Seit Juli letzten Jahres verhandelt die EU-Kommission mit der US-Regierung über ein Freihandelsabkommen, das binnen zwei Jahren die größte Freihandelszone der Welt schaffen soll: Die transatlantische Handels- und Investitionspartnerschaft TTIP.

 

Die Verhandler versprechen den Menschen beiderseits des Atlantiks Wachstum und Arbeitsplätze. Der Handelskommissar der EU, der flämische Liberale Karel De Gucht, kündigt durch die Deregulierung des Markts und den freien Austausch von Gütern, Dienstleistungen und Investitionen einen Wachstumsschub im Ausmaß von € 119 Mrd. pro Jahr für die europäische Wirtschaft an, also eine Art Konjunkturpaket mit einem jährlichen Zusatzeinkommen von € 500,-- pro Familie. Es gehe also "um richtig viel Geld", so der Kommissar.

 

In der Süddeutschen Zeitung vom 11. November 2013 bezweifelt Prof. Christoph Scherrer, Leiter des Fachgebiets Globalisierung und Politik der Universität Kassel und Direktor des "International Center for Development and Decent Work", diese Prognosen.
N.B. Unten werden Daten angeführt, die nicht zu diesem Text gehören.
//! The store.

ghost use Rattle.std.specs.Prelude.{◌≡◌, [], length, map, None, option_map, IfOk, OnOk, OnErr, if◌then◌else◌};
ghost use Rattle.zs_store.specs.Entry.{seen};
ghost use Rattle.zs_store.specs.Store.{KeysAscend, found, outcome, merged, write_of};
ghost use Rattle.zs_store.specs.declared.merged.Merged.TheVariants.{New, Kept, Replaced};

use crate::entry::Entry;
use crate::merged::Merged;
use crate::order::is_below;
use std::alloc::{AllocError, Global};
use std::collections::BTreeMap;
use std::collections::btree_map::Iter;
use std::marker::Model;
use zs_keys::KeyExpr;

/// The newest entry of each key that was written, by the text of the key.
///
/// Contracts see what was written last at each key, with the bytes of its payload, whatever slices they lie in; the keys ascend by
/// their bytes.
#[derive(Drop)]
pub struct Store {
    alloc: Global,
    entries: BTreeMap<String, Entry>,
}

impl Model for Store {
    ghost use Rattle.std.specs.Prelude.{List, map};
    ghost use Rattle.zs_store.specs.Store.{Write, write_of};

    ghost Value = { List Write };

    ghost view = { λ s. map write_of s.entries.entries };
}

impl Store {
    /// Nothing was written.
    pub fn new(alloc: Global) -> Store
        ensures { result ≡ [] }
    {
        Store {
            alloc,
            entries: BTreeMap::new(alloc),
        }
    }

    /// How many keys there are.
    pub fn len(&self) -> usize
        ensures { result ≡ length self.now }
    {
        self.entries.len()
    }

    /// What stands at a key.
    pub fn get(&self, key: &str) -> Option<&Entry>
        ensures { option_map (λ entry. seen entry.now) result ≡ found key.now self.now }
    {
        self.entries.get(key)
    }

    /// Each key with what stands there. The keys ascend by their bytes.
    pub fn iter(&self) -> Iter<'_, String, Entry>
        ensures entries { map write_of result ≡ self.now }
        ensures ascend { KeysAscend self.now }
    {
        self.entries.iter()
    }

    /// Writes at a key, unless what stands there is as new.
    ///
    /// # Errors
    ///
    /// Want of memory alone; the store is as it was then.
    pub fn merge(&mut self, key: &KeyExpr<'_>, entry: Entry) -> Result<Merged, AllocError>
        ensures answer { IfOk result (λ answer. answer ≡ outcome (found key.now.text self.old) (seen entry)) }
        ensures store { OnOk result (self.new ≡ merged (record { key = key.now.text; entry = seen entry }) self.old) }
        ensures err { OnErr result (self.new ≡ self.old) }
    {
        let alloc = self.alloc;
        let Some(old) = self.entries.get_mut(key.as_str()) else {
            return self.add(key, entry);
        };
        let below = is_below(old, &entry, alloc)?;
        Ok(replace(old, entry, below))
    }

    // Writes at a key where nothing stands.
    fn add(&mut self, key: &KeyExpr<'_>, entry: Entry) -> Result<Merged, AllocError>
        requires { found key.now.text self.old ≡ None }
        ensures answer { IfOk result (λ answer. answer ≡ New) }
        ensures store { OnOk result (self.new ≡ merged (record { key = key.now.text; entry = seen entry }) self.old) }
        ensures err { OnErr result (self.new ≡ self.old) }
    {
        let text = String::from_str(self.alloc, key.as_str())?;
        match self.entries.insert(text, entry) {
            Ok(old) => {
                drop(old);
                Ok(Merged::New)
            }
            Err(failed) => {
                drop(failed);
                Err(AllocError)
            }
        }
    }
}

// Puts an entry in the place of one that is below it.
fn replace(old: &mut Entry, new: Entry, below: bool) -> Merged
    ensures answer { result ≡ (if below then Replaced else Kept) }
    ensures entry { old.new ≡ (if below then new else old.old) }
{
    if below {
        *old = new;
        Merged::Replaced
    } else {
        drop(new);
        Merged::Kept
    }
}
Da auch Gesetze und Standards für alle denkbaren Branchen angeglichen werden sollen, gebe es "unglaublich viele Parameter, die man gar nicht alle berücksichtigen kann".

 

Die Prognosen des Handelskommissars sind demnach dem Bereich des Phantastischen zuzuordnen, solange das Abkommen nicht ausverhandelt ist – um neoliberales Wunschdenken. Scherrer erinnert an das Freihandelsabkommen Nafta zwischen den USA, Mexiko und Kanada. Die damaligen Versprechungen nach mehr Wachstum und Arbeit seien nicht eingetreten. Im Gegenteil, die Armut und Landflucht in Mexiko hätten zugenommen. Der Tagesspiegel vom 6. November 2013 bezeichnet die Prognosen De Guchts als "PR-Blase" und warnt vor einer weiteren Entmachtung der demokratisch gewählten Parlamente zu Gunsten transnationaler Konzerne.

 

Was steckt hinter dem Plan? Die Zölle zwischen den USA und der EU sind bereits weitgehend abgebaut und betragen im Durchschnitt nur noch vier Prozent. Es kann also nur um den Abbau der so genannten nicht-tarifären Handelshemmnisse gehen. Das sind gesetzliche Standards in allen Bereichen von sozialen Schutzbestimmungen über Menschen- oder Arbeitnehmerrechte bis zum Verbraucher-, Gesundheits-, Umwelt-, Daten- und Urheberschutz.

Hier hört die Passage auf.